Flood Concerns and Water levels rise
Boise--The Idaho Bureau of Homeland Security is keeping a close eye on weather and flooding conditions throughout the state and preparing for flooding after heavy rainfall yesterday and more storms expected over Memorial day
After heavy rainfall yesterday there is a higher-than-average potential for damaging flooding due to record snowpack in many areas of the state, many rivers have reached flood stage.
Hydrologist Troy Lindquist of the National Weather Service in Pocatello, said a weekend storm that could run through Sunday night could bring "significant" accumulations of snow to the high country. He said as much as six inches could fall in the mountains at 8500 feet and above, he said, "and that's more that's got to melt off, extending the runoff season."
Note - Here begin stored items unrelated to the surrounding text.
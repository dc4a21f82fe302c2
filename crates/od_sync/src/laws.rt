//! Laws of the definitions, each the contract of a function that does nothing.
ghost use Rattle.std.specs.Prelude.{◌≡◌, ℕ, ◌<◌, true, [], ◌∷◌, ◌++◌, length, map, None, Some, List, Option};
ghost use Rattle.std.specs.List.{All};
ghost use Rattle.gd_item.specs.Steps.{state_of, held_by, accepted_by};
ghost use Rattle.gd_item.specs.Trees.{tree_of};
ghost use Rattle.gd_item.specs.Records.{records_of};
ghost use Rattle.gd_item.specs.declared.item.Item.{Item};
ghost use Rattle.gd_item.specs.declared.step.Step.{Step};
ghost use Rattle.gd_item.specs.Views.{ItemsAre, uncounted};
ghost use Rattle.od_mirror.specs.Pulled.{paths_of};
ghost use Rattle.od_pages.specs.Pulls.{token_then};
ghost use Rattle.od_mirror.specs.declared.view.MirrorView.{MirrorView};
ghost use Rattle.od_transfer.specs.Alone.{AreOwnServed};
ghost use Rattle.od_transfer.specs.Asking.{OwnAre};
ghost use Rattle.od_sync.specs.Comparing.{is_same, scanned};
ghost use Rattle.od_sync.specs.FreshPlans.{FreshPlan};
ghost use Rattle.od_sync.specs.Planning.{planned_fetches, planned_folders};
ghost use Rattle.od_sync.specs.Pulls.{PullsView, PullsBad, seen};
ghost use Rattle.od_sync.specs.Syncing.{IsSyncRequest};
ghost use Rattle.od_tree.specs.Collisions.{NoCollision};
ghost use Rattle.od_tree.specs.Local.{local_tree};
ghost use Rattle.od_tree.specs.declared.step.LocalStep.{LocalStep};

/// A first pull gives what the drive held when it was asked, and the token of that moment.
pub fn a_first_pull_mirrors_the_drive()
    ensures items { (old : List Step) (after : Option (List Step)) (view : MirrorView) (pulled : PullsView [] None old after view)
        → view.items ≡ records_of (held_by (seen old pulled.last)) }
    ensures token { (old : List Step) (after : Option (List Step)) (view : MirrorView) (pulled : PullsView [] None old after view)
        → view.token ≡ token_then (seen old pulled.last) }
{}

/// A pull over the items and the token of a sound image gives what the drive held when it was asked, but for the numbers of
/// children, and never bad items. What it gives is sound in turn.
pub fn a_pull_mirrors_the_drive()
    ensures items { (items : List Item) (token : Option (List ℕ)) (old : List Step) (after : Option (List Step)) (view : MirrorView)
        (pulled : PullsView items token old after view) → ItemsAre items old token
        → map uncounted view.items ≡ map uncounted (records_of (held_by (seen old pulled.last))) }
    ensures sound { (items : List Item) (token : Option (List ℕ)) (old : List Step) (after : Option (List Step)) (view : MirrorView)
        (pulled : PullsView items token old after view) → ItemsAre items old token → ItemsAre view.items (seen old pulled.last) (Some view.token) }
    ensures never_bad { (items : List Item) (token : Option (List ℕ)) (old : List Step) (after : Option (List Step)) (number : ℕ)
        → PullsBad items token old after number → ItemsAre items old token → ⊥ }
{}

/// A scan of the local folder compares as the same with what was pulled of a drive only where the folder's tree is the drive's,
/// unless two contents have one digest.
pub fn the_same_entries_are_the_same_trees()
    ensures { (local more : List LocalStep) (drive later : List Step) (items : List Item)
        → map uncounted items ≡ map uncounted (records_of (held_by drive)) → NoCollision (local ++ more) (accepted_by (drive ++ later))
        → is_same (scanned (local_tree local)) (paths_of items) ≡ true → local_tree local ≡ tree_of (held_by drive) }
{}

/// Where the folder's tree is the drive's, they compare as the same.
pub fn the_same_trees_have_the_same_entries()
    ensures { (local : List LocalStep) (drive : List Step) (items : List Item) → map uncounted items ≡ map uncounted (records_of (held_by drive))
        → local_tree local ≡ tree_of (held_by drive) → is_same (scanned (local_tree local)) (paths_of items) ≡ true }
{}

/// Served requests of a sync change nothing on the drive.
pub fn syncs_change_nothing()
    ensures { (old part : List Step) → OwnAre IsSyncRequest part → AreOwnServed part → state_of (old ++ part) ≡ state_of old }
{}

/// Where nothing stands in the folder and nothing was agreed on, the plan can be done, and makes the drive's tree. No entry is
/// at the path of the root.
pub fn a_fresh_plan_makes_the_drives_tree()
    ensures plan { (drive : List Step) (items : List Item) → map uncounted items ≡ map uncounted (records_of (held_by drive))
        → FreshPlan (held_by drive) (planned_folders [] [] (paths_of items)) (planned_fetches [] [] (paths_of items)) }
    ensures below { (items : List Item) → All (λ (entry : List (List ℕ) × Item). 0 < length entry.0) (paths_of items) }
{}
Continued heavy rain will also add to potential flash floods here, Lindquist said. Lindquist says its important to keep an eye on local streams and creeks, especially those that are already at capacity.
Backcountry snowfall is already at record levels, particularly in northern and eastern Idaho. The cooler spring weather has delayed snow from melting, increasing concerns that runoff could be devastating when summer comes. Reservoirs throughout the state are releasing water to make room for the additional runoff.
Idaho rivers now at flood stage include the St. Joe in northern Idaho; the Bruneau and Boise rivers in southwestern Idaho, and the Snake, Henry's Fork and Portneuf rivers in eastern Idaho. The Kootenai River close to Bonners Ferry is near flood stage, as is Lake Coeur d'Alene. Local and state officials will continue monitoring river and lake levels as they fluctuate with the varying weather and runoff conditions.